__EXERCISE OBJECTIVE__: Every line in the entries that holds "refuses" should be identified and copied.

__DATA FOR THIS EXERCISE__:
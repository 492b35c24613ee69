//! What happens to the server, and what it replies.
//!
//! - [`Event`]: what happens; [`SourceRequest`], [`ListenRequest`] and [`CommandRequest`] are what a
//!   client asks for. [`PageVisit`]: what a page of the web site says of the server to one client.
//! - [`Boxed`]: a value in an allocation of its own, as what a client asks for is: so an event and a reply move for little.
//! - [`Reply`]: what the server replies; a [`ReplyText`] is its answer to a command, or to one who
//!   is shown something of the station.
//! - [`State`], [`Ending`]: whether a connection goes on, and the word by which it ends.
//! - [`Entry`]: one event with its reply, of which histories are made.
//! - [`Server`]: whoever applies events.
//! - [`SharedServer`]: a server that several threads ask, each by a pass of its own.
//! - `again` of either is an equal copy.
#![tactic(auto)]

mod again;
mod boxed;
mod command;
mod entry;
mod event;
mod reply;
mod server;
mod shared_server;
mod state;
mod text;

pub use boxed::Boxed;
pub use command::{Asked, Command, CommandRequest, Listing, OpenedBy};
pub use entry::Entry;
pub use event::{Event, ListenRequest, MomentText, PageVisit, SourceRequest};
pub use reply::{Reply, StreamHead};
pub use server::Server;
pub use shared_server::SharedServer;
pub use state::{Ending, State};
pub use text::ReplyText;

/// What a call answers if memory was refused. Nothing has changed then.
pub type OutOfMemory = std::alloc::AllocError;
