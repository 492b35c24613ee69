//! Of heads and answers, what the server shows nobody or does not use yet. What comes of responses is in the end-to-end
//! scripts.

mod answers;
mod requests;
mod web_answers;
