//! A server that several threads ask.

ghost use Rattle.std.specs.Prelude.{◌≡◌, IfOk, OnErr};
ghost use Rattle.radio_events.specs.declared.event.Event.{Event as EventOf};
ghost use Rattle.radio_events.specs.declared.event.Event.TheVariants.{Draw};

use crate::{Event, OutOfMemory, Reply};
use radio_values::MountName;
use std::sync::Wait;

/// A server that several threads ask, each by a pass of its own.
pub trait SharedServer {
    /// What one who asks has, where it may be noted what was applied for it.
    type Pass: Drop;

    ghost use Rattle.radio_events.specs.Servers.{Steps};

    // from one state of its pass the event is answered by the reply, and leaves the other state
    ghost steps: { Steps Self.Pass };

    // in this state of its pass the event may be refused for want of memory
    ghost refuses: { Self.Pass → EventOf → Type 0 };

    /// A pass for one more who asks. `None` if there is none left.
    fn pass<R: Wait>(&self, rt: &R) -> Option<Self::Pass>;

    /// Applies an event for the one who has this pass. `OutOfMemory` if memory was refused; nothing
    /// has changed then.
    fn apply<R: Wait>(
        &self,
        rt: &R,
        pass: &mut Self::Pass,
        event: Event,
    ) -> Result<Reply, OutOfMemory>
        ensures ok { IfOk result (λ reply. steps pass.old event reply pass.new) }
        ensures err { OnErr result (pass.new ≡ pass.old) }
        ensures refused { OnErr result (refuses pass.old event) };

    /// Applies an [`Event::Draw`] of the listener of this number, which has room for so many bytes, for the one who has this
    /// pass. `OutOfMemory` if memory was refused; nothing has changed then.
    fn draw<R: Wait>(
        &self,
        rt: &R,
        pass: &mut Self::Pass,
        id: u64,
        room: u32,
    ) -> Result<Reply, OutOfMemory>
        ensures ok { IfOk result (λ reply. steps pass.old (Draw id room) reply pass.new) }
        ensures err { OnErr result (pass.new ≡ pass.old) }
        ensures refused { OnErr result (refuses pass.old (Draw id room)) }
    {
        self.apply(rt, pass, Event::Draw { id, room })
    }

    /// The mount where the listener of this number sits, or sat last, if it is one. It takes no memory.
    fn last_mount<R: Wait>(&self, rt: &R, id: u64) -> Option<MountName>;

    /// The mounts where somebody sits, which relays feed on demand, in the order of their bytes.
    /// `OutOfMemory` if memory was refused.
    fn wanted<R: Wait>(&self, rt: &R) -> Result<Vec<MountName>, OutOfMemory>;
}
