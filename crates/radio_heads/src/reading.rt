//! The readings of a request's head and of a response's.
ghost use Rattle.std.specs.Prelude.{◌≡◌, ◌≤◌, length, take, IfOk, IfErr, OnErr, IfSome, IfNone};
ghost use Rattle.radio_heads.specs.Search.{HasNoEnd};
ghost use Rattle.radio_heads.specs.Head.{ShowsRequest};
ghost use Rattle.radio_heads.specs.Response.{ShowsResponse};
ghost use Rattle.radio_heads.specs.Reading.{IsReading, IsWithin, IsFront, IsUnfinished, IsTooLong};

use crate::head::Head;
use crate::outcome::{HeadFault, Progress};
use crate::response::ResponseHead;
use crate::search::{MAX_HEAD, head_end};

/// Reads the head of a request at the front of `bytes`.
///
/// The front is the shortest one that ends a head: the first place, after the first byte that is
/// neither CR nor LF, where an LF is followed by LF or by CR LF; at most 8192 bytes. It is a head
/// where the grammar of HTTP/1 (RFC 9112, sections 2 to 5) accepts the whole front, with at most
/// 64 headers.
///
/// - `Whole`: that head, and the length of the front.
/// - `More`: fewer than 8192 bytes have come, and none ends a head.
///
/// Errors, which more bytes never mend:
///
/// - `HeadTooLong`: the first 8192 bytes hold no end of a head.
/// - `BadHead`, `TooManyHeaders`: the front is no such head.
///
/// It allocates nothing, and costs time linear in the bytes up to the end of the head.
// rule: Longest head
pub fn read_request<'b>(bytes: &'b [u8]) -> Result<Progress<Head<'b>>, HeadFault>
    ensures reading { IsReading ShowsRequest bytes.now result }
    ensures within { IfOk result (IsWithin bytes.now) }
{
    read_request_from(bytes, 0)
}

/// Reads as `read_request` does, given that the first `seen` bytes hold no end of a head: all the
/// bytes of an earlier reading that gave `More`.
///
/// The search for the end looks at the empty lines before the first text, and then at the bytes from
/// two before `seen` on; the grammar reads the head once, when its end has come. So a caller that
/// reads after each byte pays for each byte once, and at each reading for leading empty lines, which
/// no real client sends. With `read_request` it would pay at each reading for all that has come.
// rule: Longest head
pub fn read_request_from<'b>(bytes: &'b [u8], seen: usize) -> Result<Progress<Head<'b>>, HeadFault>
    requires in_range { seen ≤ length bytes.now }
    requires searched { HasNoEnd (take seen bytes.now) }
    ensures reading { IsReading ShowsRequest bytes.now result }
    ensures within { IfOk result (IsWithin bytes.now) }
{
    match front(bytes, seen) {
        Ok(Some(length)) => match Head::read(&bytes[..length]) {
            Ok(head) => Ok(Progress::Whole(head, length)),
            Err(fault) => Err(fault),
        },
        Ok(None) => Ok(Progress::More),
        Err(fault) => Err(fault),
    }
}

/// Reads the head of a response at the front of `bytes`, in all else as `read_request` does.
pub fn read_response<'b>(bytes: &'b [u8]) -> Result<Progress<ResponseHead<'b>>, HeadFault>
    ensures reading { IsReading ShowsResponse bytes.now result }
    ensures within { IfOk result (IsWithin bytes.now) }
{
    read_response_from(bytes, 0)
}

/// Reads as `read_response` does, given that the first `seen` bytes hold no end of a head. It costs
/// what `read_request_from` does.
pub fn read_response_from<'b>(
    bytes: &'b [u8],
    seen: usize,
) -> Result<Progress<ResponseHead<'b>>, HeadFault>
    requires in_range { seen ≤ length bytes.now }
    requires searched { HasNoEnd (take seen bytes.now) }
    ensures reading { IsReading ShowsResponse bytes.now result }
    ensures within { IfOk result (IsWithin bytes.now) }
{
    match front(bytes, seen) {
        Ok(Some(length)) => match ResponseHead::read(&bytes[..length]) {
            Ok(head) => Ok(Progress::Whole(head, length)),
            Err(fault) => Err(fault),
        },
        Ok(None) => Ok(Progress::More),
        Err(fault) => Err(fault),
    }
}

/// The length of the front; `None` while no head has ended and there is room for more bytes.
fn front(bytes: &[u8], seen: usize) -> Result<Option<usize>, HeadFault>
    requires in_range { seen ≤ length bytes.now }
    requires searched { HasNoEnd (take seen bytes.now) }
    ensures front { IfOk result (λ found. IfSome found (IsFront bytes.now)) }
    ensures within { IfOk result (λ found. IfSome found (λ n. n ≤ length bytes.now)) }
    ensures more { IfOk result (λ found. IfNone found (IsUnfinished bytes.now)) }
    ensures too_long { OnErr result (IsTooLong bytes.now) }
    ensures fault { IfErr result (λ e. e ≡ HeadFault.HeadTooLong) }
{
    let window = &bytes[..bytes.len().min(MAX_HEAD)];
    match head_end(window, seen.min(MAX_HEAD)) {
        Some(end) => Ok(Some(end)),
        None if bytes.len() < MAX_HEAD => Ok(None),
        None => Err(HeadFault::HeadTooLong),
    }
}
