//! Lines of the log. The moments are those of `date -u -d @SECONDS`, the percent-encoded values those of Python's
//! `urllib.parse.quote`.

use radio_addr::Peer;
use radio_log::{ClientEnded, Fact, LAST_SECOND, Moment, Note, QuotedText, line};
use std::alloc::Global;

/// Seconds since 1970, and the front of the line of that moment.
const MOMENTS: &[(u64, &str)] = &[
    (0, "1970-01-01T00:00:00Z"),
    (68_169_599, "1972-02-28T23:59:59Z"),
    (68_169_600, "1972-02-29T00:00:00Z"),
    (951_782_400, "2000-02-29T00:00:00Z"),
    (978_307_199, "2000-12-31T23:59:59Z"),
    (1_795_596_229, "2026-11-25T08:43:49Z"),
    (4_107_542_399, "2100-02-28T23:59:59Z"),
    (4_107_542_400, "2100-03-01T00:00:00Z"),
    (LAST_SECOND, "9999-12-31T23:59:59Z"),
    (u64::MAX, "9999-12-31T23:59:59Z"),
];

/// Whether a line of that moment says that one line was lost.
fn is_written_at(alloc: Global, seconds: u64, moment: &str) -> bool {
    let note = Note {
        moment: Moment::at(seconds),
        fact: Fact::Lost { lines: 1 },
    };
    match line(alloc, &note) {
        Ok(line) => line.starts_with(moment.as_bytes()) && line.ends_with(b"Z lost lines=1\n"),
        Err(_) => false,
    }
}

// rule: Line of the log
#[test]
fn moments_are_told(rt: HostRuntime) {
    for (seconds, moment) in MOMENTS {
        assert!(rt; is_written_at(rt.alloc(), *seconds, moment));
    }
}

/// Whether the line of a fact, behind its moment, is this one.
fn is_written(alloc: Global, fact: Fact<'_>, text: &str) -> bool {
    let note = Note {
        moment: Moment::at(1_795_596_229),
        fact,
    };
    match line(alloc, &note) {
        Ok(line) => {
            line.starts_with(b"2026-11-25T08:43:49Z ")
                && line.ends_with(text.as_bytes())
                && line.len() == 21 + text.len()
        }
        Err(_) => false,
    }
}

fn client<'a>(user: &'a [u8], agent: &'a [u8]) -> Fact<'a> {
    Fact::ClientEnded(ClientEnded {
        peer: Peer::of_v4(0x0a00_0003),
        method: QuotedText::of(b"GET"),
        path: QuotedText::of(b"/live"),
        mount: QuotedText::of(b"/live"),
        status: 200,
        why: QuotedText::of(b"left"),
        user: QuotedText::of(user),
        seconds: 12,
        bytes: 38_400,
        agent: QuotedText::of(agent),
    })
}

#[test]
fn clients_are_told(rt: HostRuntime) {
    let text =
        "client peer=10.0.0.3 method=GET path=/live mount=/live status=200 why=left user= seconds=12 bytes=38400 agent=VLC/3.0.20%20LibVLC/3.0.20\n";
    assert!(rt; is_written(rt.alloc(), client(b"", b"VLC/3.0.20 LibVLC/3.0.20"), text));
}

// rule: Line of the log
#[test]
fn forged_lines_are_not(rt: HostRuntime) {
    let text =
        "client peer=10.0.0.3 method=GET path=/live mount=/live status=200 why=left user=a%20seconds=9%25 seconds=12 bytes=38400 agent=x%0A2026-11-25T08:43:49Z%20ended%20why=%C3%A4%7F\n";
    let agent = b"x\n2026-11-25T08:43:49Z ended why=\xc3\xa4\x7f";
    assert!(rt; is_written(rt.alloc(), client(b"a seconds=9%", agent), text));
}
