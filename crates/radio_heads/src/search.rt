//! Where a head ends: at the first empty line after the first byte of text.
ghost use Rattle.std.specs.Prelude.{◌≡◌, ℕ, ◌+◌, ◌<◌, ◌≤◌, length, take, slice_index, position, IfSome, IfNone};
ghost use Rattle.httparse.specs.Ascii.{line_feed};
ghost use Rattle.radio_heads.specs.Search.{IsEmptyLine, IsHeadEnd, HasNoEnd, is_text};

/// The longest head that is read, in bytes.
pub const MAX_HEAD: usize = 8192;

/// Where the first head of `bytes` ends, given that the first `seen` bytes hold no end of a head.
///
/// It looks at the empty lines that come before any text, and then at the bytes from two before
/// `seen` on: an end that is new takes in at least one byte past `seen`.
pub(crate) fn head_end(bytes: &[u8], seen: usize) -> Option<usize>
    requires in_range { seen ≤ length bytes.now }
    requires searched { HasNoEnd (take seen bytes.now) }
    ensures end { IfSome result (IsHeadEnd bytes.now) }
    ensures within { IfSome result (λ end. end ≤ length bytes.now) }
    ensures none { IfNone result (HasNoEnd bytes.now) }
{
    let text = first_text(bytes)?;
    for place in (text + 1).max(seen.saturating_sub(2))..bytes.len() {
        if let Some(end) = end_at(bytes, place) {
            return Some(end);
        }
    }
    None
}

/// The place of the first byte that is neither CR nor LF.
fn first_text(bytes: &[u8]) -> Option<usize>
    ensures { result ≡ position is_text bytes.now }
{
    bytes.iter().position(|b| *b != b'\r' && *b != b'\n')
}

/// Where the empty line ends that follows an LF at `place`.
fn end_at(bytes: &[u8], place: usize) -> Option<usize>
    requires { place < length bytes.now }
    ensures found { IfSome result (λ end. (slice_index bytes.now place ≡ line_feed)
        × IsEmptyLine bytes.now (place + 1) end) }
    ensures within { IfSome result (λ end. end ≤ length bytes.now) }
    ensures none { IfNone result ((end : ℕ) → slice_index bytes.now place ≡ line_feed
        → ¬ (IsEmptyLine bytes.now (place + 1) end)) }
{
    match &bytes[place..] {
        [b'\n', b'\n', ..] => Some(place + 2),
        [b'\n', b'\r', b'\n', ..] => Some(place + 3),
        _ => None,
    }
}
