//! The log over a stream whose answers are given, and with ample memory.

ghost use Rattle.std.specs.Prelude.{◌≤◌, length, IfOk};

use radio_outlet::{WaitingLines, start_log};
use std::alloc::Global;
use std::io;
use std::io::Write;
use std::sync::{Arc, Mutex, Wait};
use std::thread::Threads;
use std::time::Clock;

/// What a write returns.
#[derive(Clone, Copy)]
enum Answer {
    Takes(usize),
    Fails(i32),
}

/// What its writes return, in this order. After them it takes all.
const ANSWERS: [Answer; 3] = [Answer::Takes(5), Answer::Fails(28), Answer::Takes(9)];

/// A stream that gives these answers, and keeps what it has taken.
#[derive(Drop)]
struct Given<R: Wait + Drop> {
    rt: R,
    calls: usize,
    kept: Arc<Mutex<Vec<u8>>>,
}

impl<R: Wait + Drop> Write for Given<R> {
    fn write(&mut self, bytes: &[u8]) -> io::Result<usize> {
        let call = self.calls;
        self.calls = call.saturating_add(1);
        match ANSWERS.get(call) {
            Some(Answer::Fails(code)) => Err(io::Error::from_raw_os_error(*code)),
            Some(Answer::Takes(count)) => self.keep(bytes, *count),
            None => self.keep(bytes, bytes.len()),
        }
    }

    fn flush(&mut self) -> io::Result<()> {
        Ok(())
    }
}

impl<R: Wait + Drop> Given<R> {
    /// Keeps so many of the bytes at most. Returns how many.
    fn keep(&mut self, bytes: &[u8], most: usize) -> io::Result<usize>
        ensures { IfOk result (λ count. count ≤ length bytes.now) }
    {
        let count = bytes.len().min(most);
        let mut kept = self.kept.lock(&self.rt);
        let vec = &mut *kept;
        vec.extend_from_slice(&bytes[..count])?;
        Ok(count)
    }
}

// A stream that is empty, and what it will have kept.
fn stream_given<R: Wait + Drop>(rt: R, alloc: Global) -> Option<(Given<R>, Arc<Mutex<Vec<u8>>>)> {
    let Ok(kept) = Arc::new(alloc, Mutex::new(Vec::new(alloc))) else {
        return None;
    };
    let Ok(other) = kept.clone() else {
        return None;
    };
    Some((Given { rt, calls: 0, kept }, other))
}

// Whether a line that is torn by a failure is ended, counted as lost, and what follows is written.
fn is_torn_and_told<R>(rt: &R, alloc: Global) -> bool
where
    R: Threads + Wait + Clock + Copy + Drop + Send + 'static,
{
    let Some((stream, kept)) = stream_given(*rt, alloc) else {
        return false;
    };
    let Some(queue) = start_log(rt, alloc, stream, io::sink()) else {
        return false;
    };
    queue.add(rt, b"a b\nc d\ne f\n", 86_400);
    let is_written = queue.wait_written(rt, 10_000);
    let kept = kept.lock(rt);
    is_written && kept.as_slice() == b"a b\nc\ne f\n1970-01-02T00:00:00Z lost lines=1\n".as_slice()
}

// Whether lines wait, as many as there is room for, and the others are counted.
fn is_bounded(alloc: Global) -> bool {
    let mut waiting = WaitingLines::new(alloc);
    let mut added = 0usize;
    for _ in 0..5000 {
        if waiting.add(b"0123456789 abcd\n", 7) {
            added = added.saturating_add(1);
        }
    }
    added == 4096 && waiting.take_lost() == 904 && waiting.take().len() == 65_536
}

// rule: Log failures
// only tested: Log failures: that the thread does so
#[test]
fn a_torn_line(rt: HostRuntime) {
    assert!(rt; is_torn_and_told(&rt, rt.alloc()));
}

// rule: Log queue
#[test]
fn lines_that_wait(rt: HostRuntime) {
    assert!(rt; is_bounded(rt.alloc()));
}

__EXERCISE OUTPUT__:
    ghost refuses: { Self.Pass → EventOf → Type 0 };
        ensures refused { OnErr result (refuses pass.old event) };
        ensures refused { OnErr result (refuses pass.old (Draw id room)) }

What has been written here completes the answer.